Stored items:
****************************************

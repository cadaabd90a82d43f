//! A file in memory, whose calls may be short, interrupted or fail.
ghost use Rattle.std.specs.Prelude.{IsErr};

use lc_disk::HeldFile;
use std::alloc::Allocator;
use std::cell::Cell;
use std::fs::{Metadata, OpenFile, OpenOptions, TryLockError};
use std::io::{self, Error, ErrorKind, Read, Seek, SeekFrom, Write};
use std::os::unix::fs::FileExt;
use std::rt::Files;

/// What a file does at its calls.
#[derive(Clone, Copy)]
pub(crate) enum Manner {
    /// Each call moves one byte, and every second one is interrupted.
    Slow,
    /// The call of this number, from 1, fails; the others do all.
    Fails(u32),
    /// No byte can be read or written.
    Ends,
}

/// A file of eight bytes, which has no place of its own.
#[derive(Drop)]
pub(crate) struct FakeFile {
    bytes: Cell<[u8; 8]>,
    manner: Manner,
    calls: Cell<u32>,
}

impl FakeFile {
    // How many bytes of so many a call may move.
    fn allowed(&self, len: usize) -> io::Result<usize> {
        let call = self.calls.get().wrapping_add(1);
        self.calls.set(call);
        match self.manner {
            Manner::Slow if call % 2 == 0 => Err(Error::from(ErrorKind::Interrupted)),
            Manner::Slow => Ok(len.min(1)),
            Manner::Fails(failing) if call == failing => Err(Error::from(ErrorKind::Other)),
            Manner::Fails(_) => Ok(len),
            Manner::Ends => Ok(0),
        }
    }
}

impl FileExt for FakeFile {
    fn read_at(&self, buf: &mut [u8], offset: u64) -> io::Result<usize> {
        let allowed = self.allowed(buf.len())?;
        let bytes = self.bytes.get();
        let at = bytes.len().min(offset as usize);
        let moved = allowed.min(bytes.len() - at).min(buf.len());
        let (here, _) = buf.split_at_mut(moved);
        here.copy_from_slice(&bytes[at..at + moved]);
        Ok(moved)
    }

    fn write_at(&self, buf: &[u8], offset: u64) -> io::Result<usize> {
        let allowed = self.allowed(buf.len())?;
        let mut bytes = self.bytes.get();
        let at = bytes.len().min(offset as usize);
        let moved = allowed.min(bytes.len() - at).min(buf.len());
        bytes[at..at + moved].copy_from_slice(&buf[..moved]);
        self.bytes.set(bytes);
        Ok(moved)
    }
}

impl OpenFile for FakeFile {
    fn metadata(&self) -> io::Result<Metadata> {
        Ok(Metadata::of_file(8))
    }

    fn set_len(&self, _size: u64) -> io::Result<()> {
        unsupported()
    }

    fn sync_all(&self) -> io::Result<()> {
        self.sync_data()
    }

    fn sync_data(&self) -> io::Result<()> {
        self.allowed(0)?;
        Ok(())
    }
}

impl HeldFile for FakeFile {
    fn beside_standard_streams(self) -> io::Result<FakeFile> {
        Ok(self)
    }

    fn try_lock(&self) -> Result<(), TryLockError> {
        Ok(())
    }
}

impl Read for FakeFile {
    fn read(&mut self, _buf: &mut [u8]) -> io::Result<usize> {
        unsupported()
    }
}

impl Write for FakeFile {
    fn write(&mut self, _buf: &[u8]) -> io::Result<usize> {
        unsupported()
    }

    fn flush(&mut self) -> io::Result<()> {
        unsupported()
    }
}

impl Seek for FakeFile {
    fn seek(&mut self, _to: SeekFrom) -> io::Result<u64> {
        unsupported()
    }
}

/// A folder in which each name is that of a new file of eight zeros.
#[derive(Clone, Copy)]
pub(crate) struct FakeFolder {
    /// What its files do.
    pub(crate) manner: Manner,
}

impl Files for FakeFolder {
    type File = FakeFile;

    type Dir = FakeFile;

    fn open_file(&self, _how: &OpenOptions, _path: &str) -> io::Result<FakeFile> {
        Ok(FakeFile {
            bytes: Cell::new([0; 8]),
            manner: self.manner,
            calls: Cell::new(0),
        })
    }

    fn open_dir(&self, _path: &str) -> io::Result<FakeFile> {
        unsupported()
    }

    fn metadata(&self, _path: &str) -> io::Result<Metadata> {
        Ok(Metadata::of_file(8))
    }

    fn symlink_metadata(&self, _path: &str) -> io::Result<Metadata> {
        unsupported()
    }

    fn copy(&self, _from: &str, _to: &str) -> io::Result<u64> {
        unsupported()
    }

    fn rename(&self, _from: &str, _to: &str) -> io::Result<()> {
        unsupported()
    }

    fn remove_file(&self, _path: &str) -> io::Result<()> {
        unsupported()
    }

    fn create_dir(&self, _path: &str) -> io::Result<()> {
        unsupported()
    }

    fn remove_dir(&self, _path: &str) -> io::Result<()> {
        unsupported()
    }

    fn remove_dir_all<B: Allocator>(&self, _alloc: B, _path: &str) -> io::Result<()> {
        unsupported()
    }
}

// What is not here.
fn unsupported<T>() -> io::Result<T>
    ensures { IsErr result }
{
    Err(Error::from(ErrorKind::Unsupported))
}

****************************************

| What to work on |
Nothing but an exact repetition of the entries is expected here.

| Answer section |
repository cadaabd90a82d43f
//! A file in memory, whose calls may be short, interrupted or fail.
ghost use Rattle.std.specs.Prelude.{IsErr};

use lc_disk::HeldFile;
use std::alloc::Allocator;
use std::cell::Cell;
use std::fs::{Metadata, OpenFile, OpenOptions, TryLockError};
use std::io::{self, Error, ErrorKind, Read, Seek, SeekFrom, Write};
use std::os::unix::fs::FileExt;
use std::rt::Files;

/// What a file does at its calls.
#[derive(Clone, Copy)]
pub(crate) enum Manner {
    /// Each call moves one byte, and every second one is interrupted.
    Slow,
    /// The call of this number, from 1, fails; the others do all.
    Fails(u32),
    /// No byte can be read or written.
    Ends,
}

/// A file of eight bytes, which has no place of its own.
#[derive(Drop)]
pub(crate) struct FakeFile {
    bytes: Cell<[u8; 8]>,
    manner: Manner,
    calls: Cell<u32>,
}

impl FakeFile {
    // How many bytes of so many a call may move.
    fn allowed(&self, len: usize) -> io::Result<usize> {
        let call = self.calls.get().wrapping_add(1);
        self.calls.set(call);
        match self.manner {
            Manner::Slow if call % 2 == 0 => Err(Error::from(ErrorKind::Interrupted)),
            Manner::Slow => Ok(len.min(1)),
            Manner::Fails(failing) if call == failing => Err(Error::from(ErrorKind::Other)),
            Manner::Fails(_) => Ok(len),
            Manner::Ends => Ok(0),
        }
    }
}

impl FileExt for FakeFile {
    fn read_at(&self, buf: &mut [u8], offset: u64) -> io::Result<usize> {
        let allowed = self.allowed(buf.len())?;
        let bytes = self.bytes.get();
        let at = bytes.len().min(offset as usize);
        let moved = allowed.min(bytes.len() - at).min(buf.len());
        let (here, _) = buf.split_at_mut(moved);
        here.copy_from_slice(&bytes[at..at + moved]);
        Ok(moved)
    }

    fn write_at(&self, buf: &[u8], offset: u64) -> io::Result<usize> {
        let allowed = self.allowed(buf.len())?;
        let mut bytes = self.bytes.get();
        let at = bytes.len().min(offset as usize);
        let moved = allowed.min(bytes.len() - at).min(buf.len());
        bytes[at..at + moved].copy_from_slice(&buf[..moved]);
        self.bytes.set(bytes);
        Ok(moved)
    }
}

impl OpenFile for FakeFile {
    fn metadata(&self) -> io::Result<Metadata> {
        Ok(Metadata::of_file(8))
    }

    fn set_len(&self, _size: u64) -> io::Result<()> {
        unsupported()
    }

    fn sync_all(&self) -> io::Result<()> {
        self.sync_data()
    }

    fn sync_data(&self) -> io::Result<()> {
        self.allowed(0)?;
        Ok(())
    }
}

impl HeldFile for FakeFile {
    fn beside_standard_streams(self) -> io::Result<FakeFile> {
        Ok(self)
    }

    fn try_lock(&self) -> Result<(), TryLockError> {
        Ok(())
    }
}

impl Read for FakeFile {
    fn read(&mut self, _buf: &mut [u8]) -> io::Result<usize> {
        unsupported()
    }
}

impl Write for FakeFile {
    fn write(&mut self, _buf: &[u8]) -> io::Result<usize> {
        unsupported()
    }

    fn flush(&mut self) -> io::Result<()> {
        unsupported()
    }
}

impl Seek for FakeFile {
    fn seek(&mut self, _to: SeekFrom) -> io::Result<u64> {
        unsupported()
    }
}

/// A folder in which each name is that of a new file of eight zeros.
#[derive(Clone, Copy)]
pub(crate) struct FakeFolder {
    /// What its files do.
    pub(crate) manner: Manner,
}

impl Files for FakeFolder {
    type File = FakeFile;

    type Dir = FakeFile;

    fn open_file(&self, _how: &OpenOptions, _path: &str) -> io::Result<FakeFile> {
        Ok(FakeFile {
            bytes: Cell::new([0; 8]),
            manner: self.manner,
            calls: Cell::new(0),
        })
    }

    fn open_dir(&self, _path: &str) -> io::Result<FakeFile> {
        unsupported()
    }

    fn metadata(&self, _path: &str) -> io::Result<Metadata> {
        Ok(Metadata::of_file(8))
    }

    fn symlink_metadata(&self, _path: &str) -> io::Result<Metadata> {
        unsupported()
    }

    fn copy(&self, _from: &str, _to: &str) -> io::Result<u64> {
        unsupported()
    }

    fn rename(&self, _from: &str, _to: &str) -> io::Result<()> {
        unsupported()
    }

    fn remove_file(&self, _path: &str) -> io::Result<()> {
        unsupported()
    }

    fn create_dir(&self, _path: &str) -> io::Result<()> {
        unsupported()
    }

    fn remove_dir(&self, _path: &str) -> io::Result<()> {
        unsupported()
    }

    fn remove_dir_all<B: Allocator>(&self, _alloc: B, _path: &str) -> io::Result<()> {
        unsupported()
    }
}

// What is not here.
fn unsupported<T>() -> io::Result<T>
    ensures { IsErr result }
{
    Err(Error::from(ErrorKind::Unsupported))
}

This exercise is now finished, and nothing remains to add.